Jin Nani, Ye Renjia, Li Peng
Materdicine Lab, School of Life Sciences, Shanghai University, Shanghai, China.
Research Department, Third Xiangya Hospital of Central South University, Changsha, China.
Front Psychiatry. 2025 Jan 28;16:1508772. doi: 10.3389/fpsyt.2025.1508772. eCollection 2025.

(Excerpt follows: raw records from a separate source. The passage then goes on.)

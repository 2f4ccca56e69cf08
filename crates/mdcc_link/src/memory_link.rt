//! A link in memory.
ghost use Rattle.std.specs.Prelude.{◌≡◌, ◌≤◌, ◌+◌, length, slice_get, if◌then◌else◌, is_some, IsOk, IfOk, OnOk, OnErr};
ghost use Rattle.std.specs.Option.{option_map};
ghost use Rattle.mdcc_base.specs.Causes.{HasCause};
ghost use Rattle.mdcc_base.specs.Scripts.{one_more};
ghost use Rattle.mdcc_link.specs.Link.{AddsLinkCall, ReceivesAtMost, brought};
ghost use Rattle.mdcc_link.specs.Link.LinkCall.{Bind, Send, Receive};
ghost use Rattle.mdcc_link.specs.Memory.{IsLinkBut, MakesLinkCall, Brings, new_link, after_put, link_missed, missed_send, is_next_listed, answer_of, bind_call, first_waiting_at, send_call, receive_answer, receive_part, receive_call, told_link_calls, known_waiting};

use crate::stored::Stored;
use crate::{Link, Received};
use mdcc_base::scripts::is_listed;
use mdcc_base::{Address, Failed, Memory};
use std::alloc::Global;
use std::marker::Model;

/// A link whose datagrams wait in memory. A datagram that is sent waits at the endpoint that bound its address first; without
/// such an endpoint it is only recorded. A call fails whose number, counted from 1, is in the script, and one that finds no
/// memory. A call that fails has no effect but on the counts; from the first one on that finds no memory the calls are not
/// recorded any more.
#[derive(Drop)]
pub struct MemoryLink {
    stored: Stored,
    whole: bool,
    script: Vec<u32>,
    calls: u64,
    lost: u64,
    faults: u64,
}

impl Model for MemoryLink {
    ghost use Rattle.mdcc_link.specs.Memory.{LinkMemory};

    ghost Value = { LinkMemory };

    ghost view = { λ l. record {
      calls = l.stored.calls;
      bound = l.stored.bound;
      sent = l.stored.sent;
      waiting = l.stored.waiting;
      whole = l.whole;
      script = l.script.items;
      count = l.calls;
      lost = l.lost;
      faults = l.faults;
      call_room = l.stored.call_room;
      byte_room = l.stored.byte_room;
    } };
}

impl MemoryLink {
    /// A link with no endpoint, with a copy of this script.
    pub fn new(alloc: Global, script: &[u32]) -> Result<MemoryLink, Memory>
        ensures { IfOk result (λ link. IsLinkBut (new_link script.now) link) }
    {
        let script = Vec::from_slice(alloc, script)?;
        Ok(MemoryLink {
            stored: Stored::new(alloc),
            whole: true,
            script,
            calls: 0,
            lost: 0,
            faults: 0,
        })
    }

    /// Lets the next so many calls, with so many sent bytes in all, find memory. A `put` takes the room of one of them.
    pub fn reserve(&mut self, calls: u32, bytes: u64) -> Result<(), Memory>
        ensures same { IsLinkBut self.old self.new }
        ensures calls { OnOk result (calls ≤ self.new.call_room) }
        ensures bytes { OnOk result (bytes ≤ self.new.byte_room) }
        ensures calls_stay { self.old.call_room ≤ self.new.call_room }
        ensures bytes_stay { self.old.byte_room ≤ self.new.byte_room }
        ensures succeeds { calls ≤ self.old.call_room → bytes ≤ self.old.byte_room → IsOk result }
    {
        self.stored.reserve(calls as usize, bytes as usize)?;
        Ok(())
    }

    /// Lets a datagram wait at an endpoint, after all others. It is no call, and does not count as sent.
    pub fn put(&mut self, at: u8, bytes: &[u8]) -> Result<(), Memory>
        ensures ok { OnOk result (IsLinkBut (after_put at bytes.now self.old) self.new) }
        ensures err { OnErr result (IsLinkBut self.old self.new) }
        ensures calls_stay { self.old.call_room ≤ self.new.call_room + 1 }
        ensures bytes_stay { self.old.byte_room ≤ self.new.byte_room + length bytes.now }
        ensures succeeds { 1 ≤ self.old.call_room → length bytes.now ≤ self.old.byte_room → IsOk result }
    {
        self.stored.reserve(1, bytes.len())?;
        self.stored.put(at, bytes);
        Ok(())
    }

    /// The datagram that was sent after so many others: from which endpoint, to which address, and its bytes.
    pub fn sent(&self, index: usize) -> Option<(u8, Address, &[u8])>
        ensures { option_map (λ r. record { from = r.0; to = r.1; bytes = r.2.now }) result ≡ slice_get self.now.sent index }
    {
        self.stored.sent(index)
    }

    // Whether the script lists the next call.
    fn is_next_listed(&self) -> bool
        ensures { result ≡ is_next_listed self.now }
    {
        is_listed(self.script.as_slice(), self.calls.saturating_add(1))
    }

    // Counts a call, and whether it failed.
    fn count(&mut self, failed: bool)
        ensures later { self.old.faults ≤ self.new.faults }
        ensures link { self.new ≡ record self.old { count = one_more self.old.count; faults = if failed then one_more self.old.faults else self.old.faults } }
    {
        self.calls = self.calls.saturating_add(1);
        if failed {
            self.faults = self.faults.saturating_add(1);
        }
    }

    // Counts a send, and whether it failed.
    fn count_send(&mut self, failed: bool)
        ensures later { self.old.lost ≤ self.new.lost }
        ensures link { self.new ≡ record self.old { count = one_more self.old.count; lost = if failed then one_more self.old.lost else self.old.lost } }
    {
        self.calls = self.calls.saturating_add(1);
        if failed {
            self.lost = self.lost.saturating_add(1);
        }
    }
}

// What a bind or a send answers.
fn answer_of(listed: bool) -> Result<(), Failed>
    ensures { result ≡ answer_of listed }
{
    if listed {
        return Err(Failed);
    }
    Ok(())
}

impl Link for MemoryLink {
    ghost calls = { told_link_calls };

    ghost lost = { λ link. link.lost };

    ghost faults = { λ link. link.faults };

    ghost waiting = { known_waiting };

    fn bind(&mut self, at: u8, address: Address) -> Result<(), Failed>
        ensures call { AddsLinkCall (Bind at address result) (told_link_calls self.old) (told_link_calls self.new) result }
        ensures cause { HasCause self.old.faults self.new.faults result }
        ensures only { OnOk result (self.new.faults ≡ self.old.faults) }
        ensures sends { self.new.lost ≡ self.old.lost }

        // It fails by the script, and else only where there is no memory.
        ensures made { MakesLinkCall (answer_of (is_next_listed self.old)) (bind_call self.old at address) 0 (link_missed self.old) self.old self.new result }
    {
        if self.stored.reserve(1, 0).is_err() {
            self.whole = false;
            self.count(true);
            return Err(Failed);
        }
        let listed = self.is_next_listed();
        let answer = answer_of(listed);
        self.stored.bind(at, address, answer);
        self.count(listed);
        answer
    }

    fn send(&mut self, from: u8, to: Address, bytes: &[u8]) -> Result<(), Failed>
        ensures call { AddsLinkCall (Send from to bytes.now result) (told_link_calls self.old) (told_link_calls self.new) result }
        ensures cause { HasCause self.old.lost self.new.lost result }
        ensures only { OnOk result (self.new.lost ≡ self.old.lost) }
        ensures receives { self.new.faults ≡ self.old.faults }

        // It fails by the script, and else only where there is no memory.
        ensures made { MakesLinkCall (answer_of (is_next_listed self.old)) (send_call self.old from to bytes.now) (length bytes.now) (missed_send self.old) self.old self.new result }
    {
        if self.stored.reserve(1, bytes.len()).is_err() {
            self.whole = false;
            self.count_send(true);
            return Err(Failed);
        }
        let listed = self.is_next_listed();
        let answer = answer_of(listed);
        self.stored.send(from, to, bytes, answer);
        self.count_send(listed);
        answer
    }

    fn receive(&mut self, at: u8, into: &mut [u8]) -> Result<Received, Failed>
        ensures bound { ReceivesAtMost result (length into.new) }
        ensures call { AddsLinkCall (Receive at (length into.new) result (brought result into.new)) (told_link_calls self.old) (told_link_calls self.new) result }
        ensures cause { HasCause self.old.faults self.new.faults result }
        ensures only { OnOk result (self.new.faults ≡ self.old.faults) }
        ensures sends { self.new.lost ≡ self.old.lost }

        // It fails by the script, and else only where there is no memory. It gives the first datagram that waits, as far as it
        // fits, and leaves the rest of the buffer.
        ensures made { MakesLinkCall (receive_answer self.old at (length into.old)) (receive_call self.old at (length into.old)) 0 (link_missed self.old) self.old self.new result }
        ensures buffer { OnOk result (Brings (receive_part self.old at (length into.old)) into.old into.new) }
        ensures unread { OnErr result (into.new ≡ into.old) }
    {
        if self.stored.reserve(1, 0).is_err() {
            self.whole = false;
            self.count(true);
            return Err(Failed);
        }
        let listed = self.is_next_listed();
        self.count(listed);
        if listed {
            self.stored.fail_receive(at, into.len());
            return Err(Failed);
        }
        Ok(self.stored.receive(at, into))
    }

    fn waits(&self, at: u8) -> bool
        ensures { result ≡ is_some (first_waiting_at at self.now.waiting) }
    {
        self.stored.waits(at)
    }

    // Nothing waits for what may come: it comes by `put` alone.
    fn set_wait(&mut self, _milliseconds: u16)
        ensures calls { told_link_calls self.new ≡ told_link_calls self.old }
        ensures sends { self.new.lost ≡ self.old.lost }
        ensures receives { self.new.faults ≡ self.old.faults }
        ensures same { self.new ≡ self.old }
    {}
}
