//! When a centre has a pause.
ghost use Rattle.std.specs.Prelude.{◌≡◌, ◌≤◌, ◌+◌, ◌-◌, ◌^◌, min, false};
ghost use Rattle.mdcc_link.specs.Pauses.{IsNewPauses, after_receive, busy_at, busy_counted, has_pause, is_busy, is_of_pause, limit_for, pause_ended, pauses_restarted};

/// After so many datagrams a centre has a pause, whatever waits, where a receive waits for 20 milliseconds at most.
const BUSY_LIMIT: u32 = 4096;

/// What each centre received since its last pause, after how much it has the next one, and which centre has one now.
#[derive(Drop)]
pub struct Pauses {
    pub busy: [u32; 16],
    pub limit: u32,
    pub pausing: Option<u8>,
}

// After how many datagrams a centre has a pause where a receive waits for so many milliseconds at most: as many more as it
// waits longer, since a pause is to be rarer than a round trip.
fn limit_for(milliseconds: u16) -> u32
    ensures { result ≡ limit_for milliseconds }
{
    BUSY_LIMIT * u32::from(milliseconds) / 20
}

impl Pauses {
    /// Nothing was received yet.
    pub fn new() -> Pauses
        ensures { IsNewPauses result }
    {
        Pauses {
            busy: [0; 16],
            limit: BUSY_LIMIT,
            pausing: None,
        }
    }

    /// Lets a pause come after as much as fits receives that wait for so many milliseconds at most.
    pub fn set_wait(&mut self, milliseconds: u16)
        ensures { self.new ≡ record self.old { limit = limit_for milliseconds } }
    {
        self.limit = limit_for(milliseconds);
    }

    /// Counts what a centre received at one of its endpoints.
    pub fn count(&mut self, at: u8, weight: u32)
        ensures counted { self.new ≡ busy_counted at weight self.old }
        ensures later { busy_at at self.old ≤ busy_at at self.new }
        ensures more { min (busy_at at self.old + weight) (2 ^ 32 - 1) ≤ busy_at at self.new }
    {
        let index = usize::from(at % 16);
        self.busy[index] = self.busy[index].saturating_add(weight);
    }

    /// Counts for the centre anew, since time passes for it by itself.
    pub fn restart(&mut self, at: u8)
        ensures { self.new ≡ pauses_restarted at self.old }
    {
        self.busy[usize::from(at % 16)] = 0;
    }

    // Whether the centre received as much as is between two pauses.
    fn is_busy(&self, at: u8) -> bool
        ensures { result ≡ is_busy at self.now }
    {
        self.busy[usize::from(at % 16)] >= self.limit
    }

    // Ends the pause, if there is one, and answers whether this centre had it.
    fn end(&mut self, own: u8) -> bool
        ensures had { result ≡ has_pause self.old.pausing own }
        ensures ended { self.new ≡ pause_ended self.old }
    {
        match self.pausing.take() {
            Some(centre) => centre == own,
            None => false,
        }
    }

    /// Whether this receive is of a pause, which begins at a centre's own endpoint and ends at its client's.
    pub fn covers(&mut self, at: u8) -> bool
        ensures covers { result ≡ is_of_pause at self.old }
        ensures after { self.new ≡ after_receive at self.old }
        ensures same { result ≡ false → self.new.busy ≡ self.old.busy }
    {
        if at > 16 {
            return self.end(at - 16);
        }
        if !self.is_busy(at) {
            self.pausing = None;
            return false;
        }
        self.restart(at);
        self.pausing = Some(at);
        true
    }
}
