//! A link in memory.
use mdcc_base::Address;
use mdcc_link::{Link, MemoryLink, Received};
use std::test::Fail;

const HERE: Address = Address {
    host: [127, 0, 0, 1],
    port: 9001,
};

const THERE: Address = Address {
    host: [10, 0, 0, 7],
    port: 9001,
};

#[derive(Clone, Copy)]
enum Call {
    /// Endpoint.
    Bind(u8),
    /// Endpoint, address, letter, how many.
    Send(u8, Address, u8, usize),
    /// Endpoint, letter, how many.
    Put(u8, u8, usize),
    /// Endpoint, with a buffer of four bytes.
    Receive(u8),
}

#[derive(Clone, Copy, PartialEq, Eq)]
enum Answer {
    Done,
    Fails,
    Got(usize),
}

// Calls with their answers and the buffer after them. The third and the seventh fail by the script; a `put` is not counted.
const CALLS: [(Call, Answer, [u8; 4]); 14] = [
    (Call::Bind(1), Answer::Done, *b"...."),
    (Call::Send(2, HERE, b'a', 3), Answer::Done, *b"...."),
    (Call::Send(2, HERE, b'b', 3), Answer::Fails, *b"...."),
    (Call::Receive(1), Answer::Got(3), *b"aaa."),
    (Call::Receive(1), Answer::Done, *b"aaa."),
    (Call::Put(1, b'c', 6), Answer::Done, *b"aaa."),
    (Call::Bind(5), Answer::Done, *b"aaa."),
    (Call::Receive(1), Answer::Fails, *b"aaa."),
    (Call::Send(7, HERE, b'd', 2), Answer::Done, *b"aaa."),
    (Call::Receive(5), Answer::Done, *b"aaa."),
    (Call::Receive(1), Answer::Got(4), *b"cccc"),
    (Call::Receive(1), Answer::Got(2), *b"ddcc"),
    (Call::Send(1, THERE, b'e', 0), Answer::Done, *b"ddcc"),
    (Call::Receive(1), Answer::Done, *b"ddcc"),
];

fn done(is_ok: bool) -> Answer {
    if is_ok { Answer::Done } else { Answer::Fails }
}

fn make(link: &mut MemoryLink, call: Call, buffer: &mut [u8]) -> Answer {
    match call {
        Call::Bind(at) => done(link.bind(at, HERE).is_ok()),
        Call::Send(from, to, letter, count) => {
            let bytes = [letter; 6];
            done(
                link.send(from, to, bytes.as_slice().split_at(count.min(6)).0)
                    .is_ok(),
            )
        }
        Call::Put(at, letter, count) => {
            let bytes = [letter; 6];
            done(
                link.put(at, bytes.as_slice().split_at(count.min(6)).0)
                    .is_ok(),
            )
        }
        Call::Receive(at) => match link.receive(at, buffer) {
            Ok(Received::Got(count)) => Answer::Got(count),
            Ok(Received::Nothing) => Answer::Done,
            Err(_) => Answer::Fails,
        },
    }
}

// Whether so many letters were sent after so many others.
fn is_sent(
    link: &MemoryLink,
    index: usize,
    from: u8,
    to: Address,
    letter: u8,
    count: usize,
) -> bool {
    match link.sent(index) {
        Some(sent) => {
            sent.0 == from
                && sent.1 == to
                && sent.2.len() == count
                && sent.2.iter().all(|byte| *byte == letter)
        }
        None => false,
    }
}

// The datagrams come once, in order, at the endpoint that bound their address first, and as far as they fit.
#[test]
fn calls_by_a_script(rt: HostRuntime) -> Result<(), Fail> {
    let mut buffer = *b"....";
    let mut link = MemoryLink::new(rt.alloc(), &[3, 7])?;
    for (call, answer, after) in CALLS {
        let found = make(&mut link, call, &mut buffer);
        assert!(rt; found == answer && buffer == after);
    }
    assert!(rt; is_sent(&link, 0, 2, HERE, b'a', 3));
    assert!(rt; is_sent(&link, 1, 7, HERE, b'd', 2));
    assert!(rt; is_sent(&link, 2, 1, THERE, b'e', 0));
    assert!(rt; link.sent(3).is_none());
    Ok(())
}

// A reserved bind, put, send and receive find memory. Asking whether a datagram waits is no call.
#[test]
fn reserved_calls(rt: HostRuntime) -> Result<(), Fail> {
    let mut buffer = [0u8; 8];
    let mut link = MemoryLink::new(rt.alloc(), &[])?;
    assert!(rt; link.reserve(4, 7).is_ok());
    assert!(rt; link.bind(17, HERE).is_ok());
    assert!(rt; !link.waits(17));
    assert!(rt; link.put(17, b"put").is_ok());
    assert!(rt; link.waits(17) && !link.waits(1));
    assert!(rt; link.send(1, HERE, b"sent").is_ok());
    assert!(rt; link.receive(17, &mut buffer).is_ok());
    Ok(())
}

Depression is a serious mental health disease. Traditional scale-based depression diagnosis methods often have problems of strong subjectivity and high misdiagnosis rate, so it is particularly important to develop automatic diagnostic tools based on objective indicators.
This study proposes a deep learning method that fuses multimodal data to automatically diagnose depression using facial video and audio data. We use spatiotemporal attention module to enhance the extraction of visual features and combine the Graph Convolutional Network (GCN) and the Long and Short Term Memory (LSTM) to analyze the audio features. Through the multi-modal feature fusion, the model can effectively capture different feature patterns related to depression.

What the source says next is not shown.